FIG. 9 shows a laser machining device 100 of this kind. For example, as shown in FIG. 9, a laser beam 102 (which may hereinafter be simply referred to as a “beam”) emitted from a laser oscillator 101 is split into a plurality of beams of light by a beam splitter 103, and the directions of the respective beams of light are changed by corresponding light-guiding mirrors 104, such that the beams are directed toward a workpiece 106. The focal lengths of the respective beams 102 are adjusted by corresponding beam condensing lenses 105, such that the beams 102 focus on a thin-film layer 107 of the workpiece 106. As a result of the thin-film layer 107 being irradiated with the beams 102, the thin-film layer 107 is partially removed, and thus machining lines 108 are formed.
The above-described patterning by the laser machining device 100 is performed in the following manner: fixing the workpiece 106 on a table of a workpiece feeder 109; feeding the workpiece 106 in an X direction and irradiating the workpiece 106 with the laser beams 102, thereby forming machining lines 108 in the workpiece 106; then feeding the workpiece 106 in a Y-direction by a predetermined amount (corresponding to the pitches of the machining lines); and thereafter, feeding the workpiece 106 in the reverse X direction and irradiating the workpiece 106 with the laser beams 102, thereby forming machining lines 108. By repeating this work, the machining lines 108 are formed in the workpiece 106 sequentially. That is, the work of feeding the workpiece 106 in the X direction and forming the machining lines 108, and the work of feeding the workpiece 106 in the Y-direction, are repeated intermittently.

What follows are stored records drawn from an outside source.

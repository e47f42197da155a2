// From the goals that a root leads to on, until no value falls any more.
ghost use Rattle.std.specs.Prelude.{◌≡◌, ℕ, ◌+◌, ◌≤◌, ◌<◌, ◌≢◌, true, false, length, Err, IfOk};
ghost use Rattle.pr_value.specs.Capped.{cap};
ghost use Rattle.best_plan.specs.Moves.{IsAlternative};
ghost use Rattle.loop_plan.specs.Fallen.{IsFallen};
ghost use Rattle.loop_plan.specs.Reached.{IsReached, bound};
ghost use Rattle.loop_plan.specs.Uses.{IsUses};
ghost use Rattle.loop_plan.specs.Waiting.{note};
ghost use Rattle.best_plan.specs.Tables.{known};
ghost use Rattle.std.specs.List.{Contains};

use crate::falls::Falls;
use crate::lowering::{lower_all, note};
use crate::note::Note;
use crate::reached::{Reached, reach};
use crate::uses::Uses;
use crate::way::Way;
use best_plan::{Choices, FindError};
use pr_value::Memory;
use std::alloc::Global;
use std::collections::BinaryHeap;

/// Unfolds all goals that the root leads to, and lowers their values, from 10^18 + 1 on, as long as
/// some alternative costs less than its goal's value, with its inputs at their values. There may be
/// no end of goals.
pub fn fall<C: Choices>(alloc: Global, choices: &mut C, root: u32) -> Result<Falls, FindError>
    requires there { root < (C.graph choices.old).goals }
    ensures falls { IfOk result (IsFallen (C.graph choices.new) root) }
    ensures later { C.later choices.old choices.new }
    ensures full { result ≡ Err FindError.GoalsFull → C.over choices.old }
{
    let reached = reach(alloc, choices, root)?;
    match settle(alloc, choices, reached) {
        Ok(falls) => Ok(falls),
        Err(_) => Err(FindError::Memory),
    }
}

/// Looks again at the alternatives of which an input fell, as long as there are any.
fn settle<C: Choices>(alloc: Global, choices: &C, reached: Reached) -> Result<Falls, Memory>
    requires reached { IsReached (C.graph choices.now) reached (length reached.ways) }
    requires root { bound reached reached.root ≡ cap + 1 }
    ensures { IfOk result (IsFallen (C.graph choices.now) reached.root) }
{
    let Reached { table, ways, .. } = reached;
    let uses = uses_of(alloc, choices, ways.as_slice())?;
    let mut falls = Falls::new(alloc, table);
    let mut work = BinaryHeap::new(alloc);
    lower_all(alloc, choices, &mut falls, &mut work, ways.as_slice())?;
    while let Some(fell) = work.pop() {
        if is_present(&falls, fell) {
            lower_all(alloc, choices, &mut falls, &mut work, uses.of(fell.goal))?;
        }
    }
    Ok(falls)
}

/// Whether the goal has not fallen again since; it is noted once more where it has.
fn is_present(falls: &Falls, fell: Note) -> bool
    ensures present { result ≡ true → fell ≡ note (known falls.now.entries) fell.goal }
    ensures past { result ≡ false → fell ≢ note (known falls.now.entries) fell.goal }
{
    fell.below == note(falls, fell.goal).below
}

/// The alternatives that each goal is an input of, out of these.
fn uses_of<C: Choices>(alloc: Global, choices: &C, ways: &[Way]) -> Result<Uses, Memory>
    requires alternatives { (w : _) → Contains ways.now w
        → IsAlternative (C.graph choices.now) w.goal w.k }
    ensures { IfOk result (IsUses (C.graph choices.now) ways.now (length ways.now)) }
{
    let mut uses = Uses::new(alloc, choices.goals())?;
    for i in 0..ways.len() {
        let way = ways[i];
        for j in 0..choices.input_count(way.goal, way.k) {
            uses.add(choices.input(way.goal, way.k, j), way)?;
        }
    }
    Ok(uses)
}
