/// An alternative by its goal and its number.
#[derive(Clone, Copy, Drop)]
pub struct Way {
    pub goal: u32,
    pub k: usize,
}
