ghost use Rattle.std.specs.Prelude.{◌≡◌, ◌≤◌, ◌<◌, ◌++◌, [], ◌∷◌, ℕ, List, length, OnOk, IfOk, slice_set};
ghost use Rattle.loop_plan.specs.Uses.{uses_at};

use crate::way::Way;
use pr_value::{Items, Memory};
use std::alloc::Global;
use std::marker::Model;

/// For each goal alternatives that it is an input of.
#[derive(Drop)]
pub struct Uses {
    lists: Vec<Items<Way>>,
}

impl Model for Uses {
    ghost use Rattle.std.specs.Prelude.{List};
    ghost use Rattle.loop_plan.specs.declared.way.Way.{Way};

    ghost Value = { List (List Way) };

    ghost view = { λ u. u.lists.items };
}

impl Uses {
    /// Room for so many goals, with no alternatives.
    pub fn new(alloc: Global, goals: u32) -> Result<Uses, Memory>
        ensures long { IfOk result (λ u. length u ≡ goals) }
        ensures empty { IfOk result (λ u. (h : ℕ) → uses_at u h ≡ []) }
    {
        let mut lists = Vec::new(alloc);
        for goal in 0..goals {
            lists.push(Items::new(alloc))?;
        }
        Ok(Uses { lists })
    }

    pub fn of(&self, goal: u32) -> &[Way]
        ensures { result.now ≡ uses_at self.now goal }
    {
        match self.lists.get(goal as usize) {
            Some(ways) => ways.as_slice(),
            None => &[],
        }
    }

    pub fn add(&mut self, goal: u32, way: Way) -> Result<(), Memory>
        requires room { goal < length self.old }
        ensures { OnOk result (self.new ≡ slice_set self.old goal (uses_at self.old goal ++ way ∷ [])) }
    {
        self.lists[goal as usize].push(way)?;
        Ok(())
    }
}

One example of this kind of conventional technology is as follows: splitting a laser beam emitted from a laser oscillator into a plurality of laser beams by using mirrors; and irradiating a thin-film layer of a solar cell with the laser beams via condensing lenses, thereby forming machining lines (see Patent Literature 1, for example).
In another example of conventional technology, a laser beam whose cross section is in the shape of a thin line is generated by a cylindrical lens, and such laser beams each having the thin-line cross section are emitted in a partially overlapping manner to form a continuous machining mark in the shape of a thin line. In this manner, it is intended to increase the conveyance speed of a substrate, thereby reducing the takt time of the laser machining (see Patent Literature 2, for example).